The folk undoubtedly comes from some of the guests who adorn the album. Kate Rusby lends her usual exquisite vocals in support of songs like "I Came In From The Mountain", "From The Drifter To The Drake" and "Act IV". Woombles voice complements Rusby well and it's a tribute to him that the first instinct isn't for him to just shut up so you can listen to her unhindered as was the case on Rusby, s recent, unlikely collaboration with bucket voiced Ronan Keating. Rusby,s husband John Mckusker as well as co-writing two songs with Woomble -"I Came In From The Mountain" and "Play Me Something"- plays violin guitar , cittern and Wurlitzer. Instrumental drinking song "Whiskey face "gains a solo writing credit for McKusker. There is a plangent duet with Borders based singer/songwriter Karine Polwart "If I Could name My Name" which was also co-written.

Indeed this is very much a mutual affair. Five songs were co-written with fellow Idlewilder Rob Jones while a member of Glasgow alternative folk band Foxface contributes to two tracks. A track like the more vigorous "As I Still Watch Your Grave" is given real dynamism by Mckuskers pirouetting violin while the title track is just gorgeous , with that violin endowing the song with a lachrymose sadness. "Waverly Steps" achieves a spellbinding emotional punch via the carefully layered multi-faceted instrumentation and vocals that reminded me of the way I felt the first time I heard R.E.M,s "Fall On Me"...utterly gob-smacked by a songs complexity and delicate beauty. "Under My Breath "juxtaposes six stringed tensions with spiralling melody.

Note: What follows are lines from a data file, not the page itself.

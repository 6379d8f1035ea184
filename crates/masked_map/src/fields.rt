ghost use Rattle.std.specs.Prelude.{◌≡◌, false, IfSome, IsNone};
ghost use Rattle.std.specs.List.{fold};
ghost use Rattle.spec_keys.specs.Keys.{are_zero, common_bits, joined, masked, none, same};
ghost use Rattle.ovs_fields.specs.Feeding.{list_writes};
ghost use Rattle.ovs_fields.specs.Packed.{numbers, bits};
ghost use Rattle.masked_map.specs.Compact.{list_of, wide_fields, compacted};

use crate::field_list::{with_compact, with_wide};
use crate::key_words::KeyWords;
use ovs_fields::{FieldId, Key, Mask, join_64};
use std::hash::{Hash, Hasher};

/// The fields but those that are 0 in most keys and masks: metadata and the registers, the addresses of IPv6 and ARP, and the
/// inner tag.
///
/// They stand so that no padding is between them, and in the order of the words that they feed to a hash function, each from
/// its least bits on: such a word is read as it lies.
#[derive(Clone, Copy)]
pub(crate) struct CompactFields {
    pub(crate) dl_src: u64,
    pub(crate) dl_dst: u64,
    pub(crate) ip_frag: u8,
    pub(crate) nw_ttl: u8,
    pub(crate) nw_tos: u8,
    pub(crate) nw_proto: u8,
    pub(crate) vlan_tci: u16,
    pub(crate) vlan_tpid: u16,
    pub(crate) nw_dst: u32,
    pub(crate) nw_src: u32,
    pub(crate) tp_dst: u16,
    pub(crate) tp_src: u16,
    pub(crate) dl_type: u16,
    pub(crate) in_port: u16,
}

macro_rules! zeros {
    (() $([$variant:ident $name:ident $type:ident])*) => {
        CompactFields { $($name: 0,)* }
    };
}

macro_rules! taken {
    (($of:ident) $([$variant:ident $name:ident $type:ident])*) => {
        CompactFields { $($name: $of.get(FieldId::$variant) as $type,)* }
    };
}

macro_rules! all_zero {
    (($of:ident) $($variant:ident)*) => {
        $(($of.get(FieldId::$variant) == 0) &)* true
    };
}

macro_rules! in_common {
    (($fields:ident, $of:ident) $([$variant:ident $name:ident $type:ident])*) => {
        CompactFields { $($name: $of.get(FieldId::$variant) as $type & $fields.$name,)* }
    };
}

macro_rules! of_both {
    (($a:ident, $b:ident) $([$variant:ident $name:ident $type:ident])*) => {
        CompactFields { $($name: $a.$name & $b.$name,)* }
    };
}

macro_rules! of_either {
    (($a:ident, $b:ident) $([$variant:ident $name:ident $type:ident])*) => {
        CompactFields { $($name: $a.$name | $b.$name,)* }
    };
}

macro_rules! all_wanted {
    (($fields:ident, $wanted:ident, $mask:ident) $([$variant:ident $name:ident $type:ident])*) => {
        $(($wanted.$name == ($fields.$name & $mask.$name)) &)* true
    };
}

impl CompactFields {
    /// All 0.
    #[tactic(auto, unfolding(spec_keys::specs::Keys::none))]
    pub(crate) fn zero() -> CompactFields
        ensures { list_of result ≡ none }
    {
        with_compact!(zeros())
    }

    /// The fields of a key, if the wide ones are 0.
    pub(crate) fn of_key(key: &Key) -> Option<CompactFields>
        ensures some { IfSome result (λ f. list_of f ≡ numbers key.now) }
        ensures none { IsNone result → are_zero wide_fields (numbers key.now) ≡ false }
    {
        if wide_of_key_are_zero(key) {
            Some(taken_of_key(key))
        } else {
            None
        }
    }

    /// The bits of a mask, if the wide fields have none.
    pub(crate) fn of_mask(mask: &Mask) -> Option<CompactFields>
        ensures some { IfSome result (λ f. list_of f ≡ bits mask.now) }
        ensures none { IsNone result → are_zero wide_fields (bits mask.now) ≡ false }
    {
        if wide_of_mask_are_zero(mask) {
            Some(taken_of_mask(mask))
        } else {
            None
        }
    }

    /// The bits of a key that are in these of a mask.
    #[inline]
    #[tactic(auto, using(crate::proofs::CompactLaws::and_zero), unfolding(spec_keys::specs::Keys::masked))]
    pub(crate) fn masked(&self, key: &Key) -> CompactFields
        ensures { list_of result ≡ masked (numbers key.now) (list_of self.now) }
    {
        with_compact!(in_common(self, key))
    }

    /// The bits of a mask that are in these of another.
    #[tactic(auto, using(crate::proofs::CompactLaws::and_zero), unfolding(spec_keys::specs::Keys::masked))]
    pub(crate) fn common(&self, mask: &Mask) -> CompactFields
        ensures { list_of result ≡ common_bits (bits mask.now) (list_of self.now) }
    {
        with_compact!(in_common(self, mask))
    }

    /// The bits that are in these and in others.
    #[inline]
    #[tactic(auto, unfolding(spec_keys::specs::Keys::masked))]
    pub(crate) fn and(&self, other: &CompactFields) -> CompactFields
        ensures { list_of result ≡ masked (list_of self.now) (list_of other.now) }
    {
        with_compact!(of_both(self, other))
    }

    /// The bits of these and of others.
    #[inline]
    #[tactic(auto, unfolding(spec_keys::specs::Keys::joined))]
    pub(crate) fn or(&self, other: &CompactFields) -> CompactFields
        ensures { list_of result ≡ joined (list_of self.now) (list_of other.now) }
    {
        with_compact!(of_either(self, other))
    }

    /// Whether the bits of these that are in those of a mask are the wanted ones.
    #[inline]
    #[tactic(auto, unfolding(spec_keys::specs::Keys::masked, spec_keys::specs::Keys::same))]
    pub(crate) fn has_bits(&self, wanted: &CompactFields, mask: &CompactFields) -> bool
        ensures { result
            ≡ same (list_of wanted.now) (masked (list_of self.now) (list_of mask.now)) }
    {
        with_compact!(all_wanted(self, wanted, mask))
    }
}

impl PartialEq for CompactFields {
    ghost use Rattle.spec_keys.specs.Keys.{same};
    ghost use Rattle.ovs_fields.specs.Equality.{same_partial_equivalence};
    ghost use Rattle.masked_map.specs.Compact.{list_of};

    ghost eq = { λ a b. same (list_of a) (list_of b) };

    ghost laws = { same_partial_equivalence list_of };

    #[inline]
    fn eq(&self, other: &CompactFields) -> bool
        ensures { result ≡ same (list_of self.now) (list_of other.now) }
    {
        KeyWords::of(self).are_same(&KeyWords::of(other))
    }
}

impl Eq for CompactFields {
    ghost use Rattle.ovs_fields.specs.Equality.{same_equivalence};
    ghost use Rattle.masked_map.specs.Compact.{list_of};

    ghost laws = { same_equivalence list_of };
}

impl Hash for CompactFields {
    ghost use Rattle.masked_map.specs.Hashing.{compact_writes, compact_writes_alike};

    ghost hash_input = { compact_writes };

    ghost respects_eq = { compact_writes_alike };

    /// The words are those that a whole key with these numbers feeds, in the order in which the fields lie here.
    #[inline]
    fn hash<H: Hasher>(&self, state: &mut H) {
        let words = KeyWords::of(self);
        state.write_u128(join_64(words.dl_src, words.dl_dst));
        state.write_u128(join_64(words.header, words.addresses));
        state.write_u64(words.ports);
    }
}

fn wide_of_key_are_zero(key: &Key) -> bool
    ensures { result ≡ are_zero wide_fields (numbers key.now) }
{
    with_wide!(all_zero(key))
}

fn wide_of_mask_are_zero(mask: &Mask) -> bool
    ensures { result ≡ are_zero wide_fields (bits mask.now) }
{
    with_wide!(all_zero(mask))
}

pub(crate) fn taken_of_key(key: &Key) -> CompactFields
    ensures { list_of result ≡ compacted (numbers key.now) }
{
    with_compact!(taken(key))
}

fn taken_of_mask(mask: &Mask) -> CompactFields
    ensures { list_of result ≡ compacted (bits mask.now) }
{
    with_compact!(taken(mask))
}
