ghost use Rattle.std.specs.Prelude.{◌≡◌, ◌<◌, ◌^◌, IfSome, Option, Some, None};
ghost use Rattle.std.specs.Option.{option_map};
ghost use Rattle.spec_keys.specs.Fields.{width_of};
ghost use Rattle.spec_actions.specs.Named.{named};
ghost use Rattle.spec_flow_text.specs.Names.{type_stated, protocol_stated};
ghost use Rattle.spec_flow_text.specs.Values as values;
ghost use Rattle.field_text.specs.Views.{bits_view, Fits, FitsWidth, IsWithin};

use crate::protocols::{
    ARP_TYPE, ICMP_PROTOCOL, ICMP6_PROTOCOL, IPV4_TYPE, IPV6_TYPE, TCP_PROTOCOL, UDP_PROTOCOL,
};
use crate::values::{Bits, read_value};
use named_fields::named;
use ovs_fields::FieldId;
use spec_actions::NamedField;
use spec_flow_text::{MatchPrerequisite, Part, Shorthand, TagPart};
use text_numbers::read_number;

// The bit of a vlan_tci that says that there is a tag.
const TAG_BIT: u128 = named_fields::TAG_BIT as u128;

// What the flow has to state for a named field to be kept (ovs-fields(7), "Prerequisites").
fn needs_of(field: NamedField) -> MatchPrerequisite
    ensures { result ≡ values.needs_of field }
{
    match field {
        NamedField::NwSrc | NamedField::NwDst => MatchPrerequisite::Ipv4OrArp,
        NamedField::ArpSpa
        | NamedField::ArpTpa
        | NamedField::ArpOp
        | NamedField::ArpSha
        | NamedField::ArpTha => MatchPrerequisite::Arp,
        NamedField::Ipv6Src | NamedField::Ipv6Dst => MatchPrerequisite::Ipv6,
        NamedField::NwProto => MatchPrerequisite::IpOrArp,
        NamedField::NwTos
        | NamedField::IpDscp
        | NamedField::NwEcn
        | NamedField::NwTtl
        | NamedField::IpFrag => MatchPrerequisite::Ip,
        NamedField::TpSrc | NamedField::TpDst => MatchPrerequisite::TcpOrUdp,
        NamedField::TcpSrc | NamedField::TcpDst => MatchPrerequisite::Tcp,
        NamedField::UdpSrc | NamedField::UdpDst => MatchPrerequisite::Udp,
        NamedField::IcmpType | NamedField::IcmpCode => MatchPrerequisite::AnyIcmp,
        NamedField::Icmpv6Type | NamedField::Icmpv6Code => MatchPrerequisite::Icmp6,
        _ => MatchPrerequisite::Nothing,
    }
}

fn tag_part_of(field: NamedField) -> TagPart
    ensures { result ≡ values.tag_part_of field }
{
    match field {
        NamedField::VlanVid => TagPart::Identifier,
        NamedField::VlanPcp => TagPart::Priority,
        _ => TagPart::Neither,
    }
}

// Bits of a field of the key, of which those outside the mask are 0.
fn part(field: FieldId, bits: Bits, needs: MatchPrerequisite, tag: TagPart) -> Part
    requires { FitsWidth field bits }
    ensures value { result ≡ values.part field (bits_view bits) needs tag }
    ensures within { IsWithin result }
{
    Part {
        field,
        value: bits.value & bits.mask,
        mask: bits.mask,
        needs,
        tag,
    }
}

// Bits of a named field where they stand in the field of the key.
fn raised(field: NamedField, bits: Bits) -> Bits
    requires { Fits field bits }
    ensures value { bits_view result ≡ values.raised (named field).low (bits_view bits) }
    ensures fits { FitsWidth (named field).field result }
{
    let low = named(field).low;
    Bits {
        value: bits.value << low,
        mask: bits.mask << low,
    }
}

// The bits of the priority of a tag, and that there is a tag.
fn raised_with_tag(bits: Bits) -> Bits
    requires { Fits NamedField.VlanPcp bits }
    ensures value { bits_view result
        ≡ values.with_tag (values.raised (named NamedField.VlanPcp).low (bits_view bits)) }
    ensures fits { FitsWidth FieldId.VlanTci result }
{
    Bits {
        value: (bits.value << 13) + TAG_BIT,
        mask: (bits.mask << 13) + TAG_BIT,
    }
}

// The bits of nw_tos that aren't ECN's (RFC 2474).
const DSCP_BITS: u128 = 0xfc;

// The bits of nw_tos that aren't ECN's have to be 0 in a match, which then states the others.
fn dscp_of(bits: Bits) -> Option<Bits>
    requires { Fits NamedField.NwTos bits }
    ensures value { option_map bits_view result ≡ values.dscp_of (bits_view bits) }
    ensures fits { IfSome result (λ stated. FitsWidth FieldId.NwTos stated) }
{
    if bits.value & DSCP_BITS != bits.value {
        return None;
    }
    Some(Bits {
        value: bits.value,
        mask: DSCP_BITS,
    })
}

// The bits of its field that a named field states in a match.
#[tactic(auto, unfolding(spec_flow_text::specs::Values::bits_stated))]
fn bits_stated(field: NamedField, bits: Bits) -> Option<Bits>
    requires { Fits field bits }
    ensures value { option_map bits_view result ≡ values.bits_stated field (bits_view bits) }
    ensures fits { IfSome result (λ stated. FitsWidth (named field).field stated) }
{
    match field {
        NamedField::VlanPcp => Some(raised_with_tag(bits)),
        NamedField::NwTos => dscp_of(bits),
        _ => Some(raised(field, bits)),
    }
}

/// What an item of a match of this name and value states.
#[tactic(auto, unfolding(spec_flow_text::specs::Values::field_stated))]
pub fn field_stated(field: NamedField, text: &[u8]) -> Option<Part>
    ensures value { result ≡ values.field_stated field text.now }
    ensures within { IfSome result (λ part. IsWithin part) }
{
    let bits = read_value(field, text)?;
    let stated = bits_stated(field, bits)?;
    Some(part(
        named(field).field,
        stated,
        needs_of(field),
        tag_part_of(field),
    ))
}

// The greatest identifier of a VLAN.
const LAST_VID: u128 = 4095;

// What stands for no tag (OFP_VLAN_NONE of OpenFlow 1.0).
const NO_VLAN: u128 = 0xffff;

fn tag_part(bits: Bits) -> Part
    requires { FitsWidth FieldId.VlanTci bits }
    ensures value { result
        ≡ values.part FieldId.VlanTci (bits_view bits) MatchPrerequisite.Nothing TagPart.Identifier }
    ensures within { IsWithin result }
{
    part(
        FieldId::VlanTci,
        bits,
        MatchPrerequisite::Nothing,
        TagPart::Identifier,
    )
}

/// What `dl_vlan` of this value states: a VLAN of a tagged frame, or that there is no tag.
#[tactic(auto, unfolding(spec_flow_text::specs::Values::vlan_stated))]
pub fn vlan_stated(text: &[u8]) -> Option<Part>
    ensures value { result ≡ values.vlan_stated text.now }
    ensures within { IfSome result (λ part. IsWithin part) }
{
    if let Some(vid) = read_number(text, LAST_VID) {
        return Some(tag_part(Bits {
            value: vid + TAG_BIT,
            mask: LAST_VID + TAG_BIT,
        }));
    }
    let number = read_number(text, NO_VLAN)?;
    if number != NO_VLAN {
        return None;
    }
    Some(tag_part(Bits {
        value: 0,
        mask: 0xffff,
    }))
}

/// The Ethernet type that a shorthand states.
pub fn type_part(shorthand: Shorthand) -> Part
    ensures value { result ≡ values.type_part (type_stated shorthand) }
    ensures within { IsWithin result }
{
    let value = match shorthand {
        Shorthand::Ip | Shorthand::Icmp | Shorthand::Tcp | Shorthand::Udp => IPV4_TYPE,
        Shorthand::Ipv6 | Shorthand::Icmp6 | Shorthand::Tcp6 | Shorthand::Udp6 => IPV6_TYPE,
        Shorthand::Arp => ARP_TYPE,
    };
    let bits = Bits {
        value,
        mask: 0xffff,
    };
    part(
        FieldId::DlType,
        bits,
        MatchPrerequisite::Nothing,
        TagPart::Neither,
    )
}

fn protocol_of(shorthand: Shorthand) -> Option<u128>
    ensures value { result ≡ protocol_stated shorthand }
    ensures fits { IfSome result (λ n. n < 2 ^ 8) }
{
    match shorthand {
        Shorthand::Ip | Shorthand::Ipv6 | Shorthand::Arp => None,
        Shorthand::Icmp => Some(ICMP_PROTOCOL),
        Shorthand::Tcp | Shorthand::Tcp6 => Some(TCP_PROTOCOL),
        Shorthand::Udp | Shorthand::Udp6 => Some(UDP_PROTOCOL),
        Shorthand::Icmp6 => Some(ICMP6_PROTOCOL),
    }
}

/// The protocol of IP that a shorthand states, where it has one.
pub fn protocol_part(shorthand: Shorthand) -> Option<Part>
    ensures value { result ≡ option_map values.protocol_part (protocol_stated shorthand) }
    ensures within { IfSome result (λ part. IsWithin part) }
{
    let bits = Bits {
        value: protocol_of(shorthand)?,
        mask: 0xff,
    };
    Some(part(
        FieldId::NwProto,
        bits,
        MatchPrerequisite::Ip,
        TagPart::Neither,
    ))
}
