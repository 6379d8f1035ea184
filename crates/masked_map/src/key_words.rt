//! The numbers of a key in few words, which are masked and compared at once, and the mark that is made of them.

ghost use Rattle.std.specs.Prelude.{◌≡◌, List, ℕ};
ghost use Rattle.spec_keys.specs.Keys.{masked, same, IsKey};
ghost use Rattle.masked_map.specs.declared.fields.CompactFields.{CompactFields};
ghost use Rattle.masked_map.specs.Compact.{list_of};
ghost use Rattle.masked_map.specs.Marks.{header_of, addresses_of, ports_of, mark_of, mixed_in, FitsHeader, FitsAddresses, FitsPorts};

use crate::fields::CompactFields;
use ovs_fields::{join_8, join_16, join_32};

/// An odd number near 2^64 divided by the golden ratio: multiplied by it, numbers that are close come far apart.
const SPREAD: u64 = 0x9e37_79b9_7f4a_7c15;

/// The compact fields of a key, or of a mask, in the words that they feed to a hash function. Each is read as it lies.
#[derive(Clone, Copy)]
pub(crate) struct KeyWords {
    pub(crate) dl_src: u64,
    pub(crate) dl_dst: u64,
    /// The tag, and of IP the protocol, the type of service, the time to live and whether it is a fragment.
    pub(crate) header: u64,
    /// The source and the destination of IPv4.
    pub(crate) addresses: u64,
    /// The port of the switch, the Ethernet type, and the ports of the source and the destination.
    pub(crate) ports: u64,
}

impl KeyWords {
    ghost use Rattle.masked_map.specs.Marks.{AreWordsOf, Fits};

    /// Those of compact fields.
    #[inline(always)]
    pub(crate) fn of(fields: &CompactFields) -> KeyWords
        ensures words { AreWordsOf result (list_of fields.now) }
        ensures fits { Fits fields.now }
    {
        KeyWords {
            dl_src: fields.dl_src,
            dl_dst: fields.dl_dst,
            header: header_of(fields),
            addresses: addresses_of(fields),
            ports: ports_of(fields),
        }
    }

    /// Those of a key under a mask, by the words of both.
    #[inline(always)]
    pub(crate) fn and(&self, mask: &KeyWords) -> KeyWords
        ensures { (key bits : List ℕ) → IsKey key → IsKey bits → AreWordsOf self.now key → AreWordsOf mask.now bits
            → AreWordsOf result (masked key bits) }
    {
        KeyWords {
            dl_src: self.dl_src & mask.dl_src,
            dl_dst: self.dl_dst & mask.dl_dst,
            header: self.header & mask.header,
            addresses: self.addresses & mask.addresses,
            ports: self.ports & mask.ports,
        }
    }

    /// Whether they are the words of the same compact fields.
    #[inline(always)]
    pub(crate) fn are_same(&self, other: &KeyWords) -> bool
        ensures { (a b : CompactFields) → Fits a → Fits b → AreWordsOf self.now (list_of a) → AreWordsOf other.now (list_of b)
            → result ≡ same (list_of a) (list_of b) }
    {
        (self.dl_src == other.dl_src)
            & (self.dl_dst == other.dl_dst)
            & (self.header == other.header)
            & (self.addresses == other.addresses)
            & (self.ports == other.ports)
    }

    /// The mark of the key: a number whose upper bits are mixed best.
    #[inline(always)]
    pub(crate) fn mark(&self) -> u64
        ensures { (key : List ℕ) → AreWordsOf self.now key → result ≡ mark_of key }
    {
        let hardware = mixed_in(mixed_in(0, self.dl_src), self.dl_dst);
        mixed_in(
            mixed_in(mixed_in(hardware, self.header), self.addresses),
            self.ports,
        )
    }
}

#[inline(always)]
fn header_of(fields: &CompactFields) -> u64
    ensures value { result ≡ header_of (list_of fields.now) }
    ensures fits { FitsHeader fields.now }
{
    let tag = join_16(fields.vlan_tpid, fields.vlan_tci);
    let ip = join_16(
        join_8(fields.nw_proto, fields.nw_tos),
        join_8(fields.nw_ttl, fields.ip_frag),
    );
    join_32(tag, ip)
}

#[inline(always)]
fn addresses_of(fields: &CompactFields) -> u64
    ensures value { result ≡ addresses_of (list_of fields.now) }
    ensures fits { FitsAddresses fields.now }
{
    join_32(fields.nw_src, fields.nw_dst)
}

#[inline(always)]
fn ports_of(fields: &CompactFields) -> u64
    ensures value { result ≡ ports_of (list_of fields.now) }
    ensures fits { FitsPorts fields.now }
{
    join_32(
        join_16(fields.in_port, fields.dl_type),
        join_16(fields.tp_src, fields.tp_dst),
    )
}

/// A mark with one word more.
#[inline(always)]
fn mixed_in(mark: u64, word: u64) -> u64
    ensures { result ≡ mixed_in mark word }
{
    mark.wrapping_add(word).wrapping_mul(SPREAD)
}
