ghost use Rattle.std.specs.Prelude.{◌≡◌, ℕ, ◌<◌, ◌≤◌, ◌+◌, ◌∷◌, [], Bool, true, not, length, IfSome, IfNone};
ghost use Rattle.std.specs.List.{prefix_len};
ghost use Rattle.spec_flow_text.specs.Items as items;
ghost use Rattle.spec_flow_text.specs.Lines as lines;
ghost use Rattle.field_text.specs.WordViews.{word_view};

use crate::line::Word;
use crate::lines::{is_separator, is_white};

/// What stands between the words of a line.
pub trait Gap {
    /// The bytes that stand there.
    ghost has: { ℕ → Bool };

    /// Whether a byte is one of them.
    fn has(byte: u8) -> bool
        ensures { result ≡ has byte };
}

/// Commas and white space.
pub struct Separators;

impl Gap for Separators {
    ghost has = { items.is_separator };

    fn has(byte: u8) -> bool {
        is_separator(byte)
    }
}

/// White space.
pub struct WhiteSpace;

impl Gap for WhiteSpace {
    ghost has = { items.is_white };

    fn has(byte: u8) -> bool {
        is_white(byte)
    }
}

fn gap_length<G: Gap>(text: &[u8]) -> usize
    ensures value { result ≡ prefix_len G.has text.now }
    ensures within { result ≤ length text.now }
{
    text.iter().take_while(|byte| G::has(**byte)).count()
}

fn word_length<G: Gap>(text: &[u8]) -> usize
    ensures value { result ≡ prefix_len (λ byte. not (G.has byte)) text.now }
    ensures within { result ≤ length text.now }
{
    text.iter().take_while(|byte| !G::has(**byte)).count()
}

/// The first word of a text, with its place there; an empty one where there is none.
pub fn first_word(text: &[u8]) -> Word<'_>
    requires { length text.now ≤ 4_294_967_294 }
    ensures word { word_view result ≡ lines.first_word text.now }
    ensures within { result.at + length result.text.now ≤ length text.now }
{
    let begun = Word { at: 0, text }.skipping(gap_length::<WhiteSpace>(text));
    begun.first(word_length::<WhiteSpace>(begun.text))
}

/// The first word of a stretch of a line, and the stretch behind it.
pub fn next_word<G: Gap>(stretch: Word<'_>) -> Option<(Word<'_>, Word<'_>)>
    ensures some { IfSome result (λ p.
        items.words G.has true stretch.entry.at stretch.entry.text.now
        ≡ word_view p.0 ∷ items.words G.has true p.1.at p.1.text.now) }
    ensures shorter { IfSome result (λ p. length p.1.text.now < length stretch.entry.text.now) }
    ensures begins { IfSome result (λ p. p.0.at + length p.0.text.now ≡ p.1.at) }
    ensures ends { IfSome result (λ p.
        p.1.at + length p.1.text.now ≡ stretch.entry.at + length stretch.entry.text.now) }
    ensures none { IfNone result
        (items.words G.has true stretch.entry.at stretch.entry.text.now ≡ []) }
{
    let begun = stretch.skipping(gap_length::<G>(stretch.text));
    if begun.text.is_empty() {
        return None;
    }
    let length = word_length::<G>(begun.text);
    Some((begun.first(length), begun.skipping(length)))
}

The clanging racket of "From The Drifter To The Drake" sits uneasily with the rest of the album and final track "Play Me Something" meanders a bit for the last third but them apart this a terrific album, alive with detail and texture, poetry and passion, and most importantly tremendous songs.Woomble may believe his secret is his silence but it's much simpler than that. He can sing and he can write very good songs. There is much evidence of both on this excellent album.